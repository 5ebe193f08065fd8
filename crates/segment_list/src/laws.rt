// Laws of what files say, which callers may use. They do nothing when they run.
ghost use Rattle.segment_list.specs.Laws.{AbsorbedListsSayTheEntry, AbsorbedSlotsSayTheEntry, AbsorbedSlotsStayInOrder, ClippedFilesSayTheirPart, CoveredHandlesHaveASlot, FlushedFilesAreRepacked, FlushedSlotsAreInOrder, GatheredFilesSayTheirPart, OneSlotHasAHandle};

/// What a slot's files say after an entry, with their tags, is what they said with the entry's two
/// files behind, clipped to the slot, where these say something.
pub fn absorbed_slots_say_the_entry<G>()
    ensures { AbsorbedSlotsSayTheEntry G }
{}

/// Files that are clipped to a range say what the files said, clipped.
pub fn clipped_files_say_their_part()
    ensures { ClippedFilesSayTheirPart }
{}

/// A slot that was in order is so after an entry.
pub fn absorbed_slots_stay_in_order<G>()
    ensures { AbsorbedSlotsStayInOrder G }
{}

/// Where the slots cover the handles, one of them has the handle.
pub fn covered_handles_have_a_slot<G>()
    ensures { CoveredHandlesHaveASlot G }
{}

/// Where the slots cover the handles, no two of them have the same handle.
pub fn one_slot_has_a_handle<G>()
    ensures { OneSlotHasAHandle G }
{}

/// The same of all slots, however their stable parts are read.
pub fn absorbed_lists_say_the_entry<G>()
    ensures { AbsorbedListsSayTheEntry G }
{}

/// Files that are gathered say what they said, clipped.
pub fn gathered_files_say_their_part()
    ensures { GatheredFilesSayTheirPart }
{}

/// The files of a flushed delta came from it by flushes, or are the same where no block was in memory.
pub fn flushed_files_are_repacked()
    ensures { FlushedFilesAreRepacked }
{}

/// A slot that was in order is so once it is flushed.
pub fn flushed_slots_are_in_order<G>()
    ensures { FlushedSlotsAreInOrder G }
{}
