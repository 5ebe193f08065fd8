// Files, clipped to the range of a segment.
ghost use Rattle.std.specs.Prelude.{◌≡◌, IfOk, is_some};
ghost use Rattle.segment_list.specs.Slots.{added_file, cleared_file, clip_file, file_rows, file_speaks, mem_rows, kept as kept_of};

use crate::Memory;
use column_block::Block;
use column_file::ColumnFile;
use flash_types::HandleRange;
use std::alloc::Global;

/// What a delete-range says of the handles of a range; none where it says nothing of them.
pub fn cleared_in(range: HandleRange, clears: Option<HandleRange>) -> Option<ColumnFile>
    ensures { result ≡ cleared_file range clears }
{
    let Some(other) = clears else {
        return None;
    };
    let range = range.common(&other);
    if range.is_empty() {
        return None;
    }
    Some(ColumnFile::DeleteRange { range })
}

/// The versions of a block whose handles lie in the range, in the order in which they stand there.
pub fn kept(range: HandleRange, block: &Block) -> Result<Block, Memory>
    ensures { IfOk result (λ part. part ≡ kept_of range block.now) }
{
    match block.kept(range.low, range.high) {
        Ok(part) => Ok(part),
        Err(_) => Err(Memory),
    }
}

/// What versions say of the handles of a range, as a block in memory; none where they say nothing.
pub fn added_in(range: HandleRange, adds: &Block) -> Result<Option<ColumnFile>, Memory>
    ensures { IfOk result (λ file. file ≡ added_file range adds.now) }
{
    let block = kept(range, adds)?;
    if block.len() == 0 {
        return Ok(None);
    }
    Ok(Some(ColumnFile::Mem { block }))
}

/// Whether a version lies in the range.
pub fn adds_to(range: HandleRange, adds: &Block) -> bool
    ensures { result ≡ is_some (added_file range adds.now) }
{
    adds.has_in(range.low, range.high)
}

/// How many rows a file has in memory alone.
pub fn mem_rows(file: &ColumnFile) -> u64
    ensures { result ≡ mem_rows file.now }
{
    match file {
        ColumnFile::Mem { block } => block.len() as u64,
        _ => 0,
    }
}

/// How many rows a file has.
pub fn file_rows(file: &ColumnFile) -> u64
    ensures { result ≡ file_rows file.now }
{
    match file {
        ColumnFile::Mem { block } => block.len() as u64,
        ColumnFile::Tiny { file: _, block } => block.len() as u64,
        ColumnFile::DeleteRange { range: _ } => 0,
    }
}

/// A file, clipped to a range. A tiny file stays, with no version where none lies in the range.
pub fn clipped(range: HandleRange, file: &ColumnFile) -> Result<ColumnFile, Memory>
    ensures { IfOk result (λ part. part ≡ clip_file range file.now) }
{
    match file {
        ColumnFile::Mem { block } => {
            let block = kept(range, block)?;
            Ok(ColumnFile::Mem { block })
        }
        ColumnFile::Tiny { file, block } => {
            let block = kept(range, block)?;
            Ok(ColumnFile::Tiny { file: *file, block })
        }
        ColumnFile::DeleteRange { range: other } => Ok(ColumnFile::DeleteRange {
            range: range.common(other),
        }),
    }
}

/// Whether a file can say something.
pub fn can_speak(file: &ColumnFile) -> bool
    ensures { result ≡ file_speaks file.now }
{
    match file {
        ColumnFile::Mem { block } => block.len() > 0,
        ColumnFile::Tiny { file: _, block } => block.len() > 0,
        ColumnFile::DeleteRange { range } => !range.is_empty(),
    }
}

# What the task asks:
Return the records above verbatim, in their entirety.

# Task result:
repository 5ebe193f08065fd8
filename crates/segment_list/src/laws.rt
// Laws of what files say, which callers may use. They do nothing when they run.
ghost use Rattle.segment_list.specs.Laws.{AbsorbedListsSayTheEntry, AbsorbedSlotsSayTheEntry, AbsorbedSlotsStayInOrder, ClippedFilesSayTheirPart, CoveredHandlesHaveASlot, FlushedFilesAreRepacked, FlushedSlotsAreInOrder, GatheredFilesSayTheirPart, OneSlotHasAHandle};

/// What a slot's files say after an entry, with their tags, is what they said with the entry's two
/// files behind, clipped to the slot, where these say something.
pub fn absorbed_slots_say_the_entry<G>()
    ensures { AbsorbedSlotsSayTheEntry G }
{}

/// Files that are clipped to a range say what the files said, clipped.
pub fn clipped_files_say_their_part()
    ensures { ClippedFilesSayTheirPart }
{}

/// A slot that was in order is so after an entry.
pub fn absorbed_slots_stay_in_order<G>()
    ensures { AbsorbedSlotsStayInOrder G }
{}

/// Where the slots cover the handles, one of them has the handle.
pub fn covered_handles_have_a_slot<G>()
    ensures { CoveredHandlesHaveASlot G }
{}

/// Where the slots cover the handles, no two of them have the same handle.
pub fn one_slot_has_a_handle<G>()
    ensures { OneSlotHasAHandle G }
{}

/// The same of all slots, however their stable parts are read.
pub fn absorbed_lists_say_the_entry<G>()
    ensures { AbsorbedListsSayTheEntry G }
{}

/// Files that are gathered say what they said, clipped.
pub fn gathered_files_say_their_part()
    ensures { GatheredFilesSayTheirPart }
{}

/// The files of a flushed delta came from it by flushes, or are the same where no block was in memory.
pub fn flushed_files_are_repacked()
    ensures { FlushedFilesAreRepacked }
{}

/// A slot that was in order is so once it is flushed.
pub fn flushed_slots_are_in_order<G>()
    ensures { FlushedSlotsAreInOrder G }
{}
repository 5ebe193f08065fd8
// Files, clipped to the range of a segment.
ghost use Rattle.std.specs.Prelude.{◌≡◌, IfOk, is_some};
ghost use Rattle.segment_list.specs.Slots.{added_file, cleared_file, clip_file, file_rows, file_speaks, mem_rows, kept as kept_of};

use crate::Memory;
use column_block::Block;
use column_file::ColumnFile;
use flash_types::HandleRange;
use std::alloc::Global;

/// What a delete-range says of the handles of a range; none where it says nothing of them.
pub fn cleared_in(range: HandleRange, clears: Option<HandleRange>) -> Option<ColumnFile>
    ensures { result ≡ cleared_file range clears }
{
    let Some(other) = clears else {
        return None;
    };
    let range = range.common(&other);
    if range.is_empty() {
        return None;
    }
    Some(ColumnFile::DeleteRange { range })
}

/// The versions of a block whose handles lie in the range, in the order in which they stand there.
pub fn kept(range: HandleRange, block: &Block) -> Result<Block, Memory>
    ensures { IfOk result (λ part. part ≡ kept_of range block.now) }
{
    match block.kept(range.low, range.high) {
        Ok(part) => Ok(part),
        Err(_) => Err(Memory),
    }
}

/// What versions say of the handles of a range, as a block in memory; none where they say nothing.
pub fn added_in(range: HandleRange, adds: &Block) -> Result<Option<ColumnFile>, Memory>
    ensures { IfOk result (λ file. file ≡ added_file range adds.now) }
{
    let block = kept(range, adds)?;
    if block.len() == 0 {
        return Ok(None);
    }
    Ok(Some(ColumnFile::Mem { block }))
}

/// Whether a version lies in the range.
pub fn adds_to(range: HandleRange, adds: &Block) -> bool
    ensures { result ≡ is_some (added_file range adds.now) }
{
    adds.has_in(range.low, range.high)
}

/// How many rows a file has in memory alone.
pub fn mem_rows(file: &ColumnFile) -> u64
    ensures { result ≡ mem_rows file.now }
{
    match file {
        ColumnFile::Mem { block } => block.len() as u64,
        _ => 0,
    }
}

/// How many rows a file has.
pub fn file_rows(file: &ColumnFile) -> u64
    ensures { result ≡ file_rows file.now }
{
    match file {
        ColumnFile::Mem { block } => block.len() as u64,
        ColumnFile::Tiny { file: _, block } => block.len() as u64,
        ColumnFile::DeleteRange { range: _ } => 0,
    }
}

/// A file, clipped to a range. A tiny file stays, with no version where none lies in the range.
pub fn clipped(range: HandleRange, file: &ColumnFile) -> Result<ColumnFile, Memory>
    ensures { IfOk result (λ part. part ≡ clip_file range file.now) }
{
    match file {
        ColumnFile::Mem { block } => {
            let block = kept(range, block)?;
            Ok(ColumnFile::Mem { block })
        }
        ColumnFile::Tiny { file, block } => {
            let block = kept(range, block)?;
            Ok(ColumnFile::Tiny { file: *file, block })
        }
        ColumnFile::DeleteRange { range: other } => Ok(ColumnFile::DeleteRange {
            range: range.common(other),
        }),
    }
}

/// Whether a file can say something.
pub fn can_speak(file: &ColumnFile) -> bool
    ensures { result ≡ file_speaks file.now }
{
    match file {
        ColumnFile::Mem { block } => block.len() > 0,
        ColumnFile::Tiny { file: _, block } => block.len() > 0,
        ColumnFile::DeleteRange { range } => !range.is_empty(),
    }
}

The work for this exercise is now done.